YOUR INSTRUCTIONS: Below are records. Return each one exactly as written.

____________________

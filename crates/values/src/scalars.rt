// What stands where a number can stand, read from the bytes of a field.

ghost use Rattle.std.specs.Prelude.{◌≡◌};
ghost use Rattle.values.specs.Values.{digits_of, number_of, scalar_of, optional_of, imported_of};

use crate::fields::FromPart;
use crate::values::Imported;

// What stands in the place of a number.
#[derive(Debug, Clone, Copy, PartialEq, Eq)]
pub enum Scalar {
    Missing,
    Namespace,
    Number(u16),
}

// The number that the digits write, with no leading zero and at most 65,535.
fn digits(part: &[u8]) -> Option<u16>
    ensures { result ≡ digits_of part.now }
{
    if part.is_empty() {
        return None;
    }
    if part[0] == b'0' && part.len() > 1 {
        return None;
    }
    let mut n: u16 = 0;
    for d in part {
        if !d.is_ascii_digit() {
            return None;
        }
        n = n.checked_mul(10)?.checked_add(u16::from(*d - b'0'))?;
    }
    Some(n)
}

impl FromPart for Scalar {
    ghost written = { scalar_of };

    fn from_part(part: &[u8]) -> Option<Scalar> {
        match part {
            [b'-'] => Some(Scalar::Missing),
            [b'*'] => Some(Scalar::Namespace),
            [b'0'..=b'9', ..] => digits(part).map(Scalar::Number),
            _ => None,
        }
    }
}

// A number alone.
impl FromPart for u16 {
    ghost written = { number_of };

    fn from_part(part: &[u8]) -> Option<u16> {
        match Scalar::from_part(part)? {
            Scalar::Number(n) => Some(n),
            Scalar::Missing | Scalar::Namespace => None,
        }
    }
}

// A number, or `-` for none.
impl FromPart for Option<u16> {
    ghost written = { optional_of };

    fn from_part(part: &[u8]) -> Option<Option<u16>> {
        match Scalar::from_part(part)? {
            Scalar::Missing => Some(None),
            Scalar::Number(n) => Some(Some(n)),
            Scalar::Namespace => None,
        }
    }
}

// The number of a name, or `*` for the whole namespace.
impl FromPart for Imported {
    ghost written = { imported_of };

    fn from_part(part: &[u8]) -> Option<Imported> {
        match Scalar::from_part(part)? {
            Scalar::Namespace => Some(Imported::Namespace),
            Scalar::Number(n) => Some(Imported::Literal(n)),
            Scalar::Missing => None,
        }
    }
}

____________________

EXPECTED OUTPUT:
filename crates/values/src/scalars.rt
// What stands where a number can stand, read from the bytes of a field.

ghost use Rattle.std.specs.Prelude.{◌≡◌};
ghost use Rattle.values.specs.Values.{digits_of, number_of, scalar_of, optional_of, imported_of};

use crate::fields::FromPart;
use crate::values::Imported;

// What stands in the place of a number.
#[derive(Debug, Clone, Copy, PartialEq, Eq)]
pub enum Scalar {
    Missing,
    Namespace,
    Number(u16),
}

// The number that the digits write, with no leading zero and at most 65,535.
fn digits(part: &[u8]) -> Option<u16>
    ensures { result ≡ digits_of part.now }
{
    if part.is_empty() {
        return None;
    }
    if part[0] == b'0' && part.len() > 1 {
        return None;
    }
    let mut n: u16 = 0;
    for d in part {
        if !d.is_ascii_digit() {
            return None;
        }
        n = n.checked_mul(10)?.checked_add(u16::from(*d - b'0'))?;
    }
    Some(n)
}

impl FromPart for Scalar {
    ghost written = { scalar_of };

    fn from_part(part: &[u8]) -> Option<Scalar> {
        match part {
            [b'-'] => Some(Scalar::Missing),
            [b'*'] => Some(Scalar::Namespace),
            [b'0'..=b'9', ..] => digits(part).map(Scalar::Number),
            _ => None,
        }
    }
}

// A number alone.
impl FromPart for u16 {
    ghost written = { number_of };

    fn from_part(part: &[u8]) -> Option<u16> {
        match Scalar::from_part(part)? {
            Scalar::Number(n) => Some(n),
            Scalar::Missing | Scalar::Namespace => None,
        }
    }
}

// A number, or `-` for none.
impl FromPart for Option<u16> {
    ghost written = { optional_of };

    fn from_part(part: &[u8]) -> Option<Option<u16>> {
        match Scalar::from_part(part)? {
            Scalar::Missing => Some(None),
            Scalar::Number(n) => Some(Some(n)),
            Scalar::Namespace => None,
        }
    }
}

// The number of a name, or `*` for the whole namespace.
impl FromPart for Imported {
    ghost written = { imported_of };

    fn from_part(part: &[u8]) -> Option<Imported> {
        match Scalar::from_part(part)? {
            Scalar::Namespace => Some(Imported::Namespace),
            Scalar::Number(n) => Some(Imported::Literal(n)),
            Scalar::Missing => None,
        }
    }
}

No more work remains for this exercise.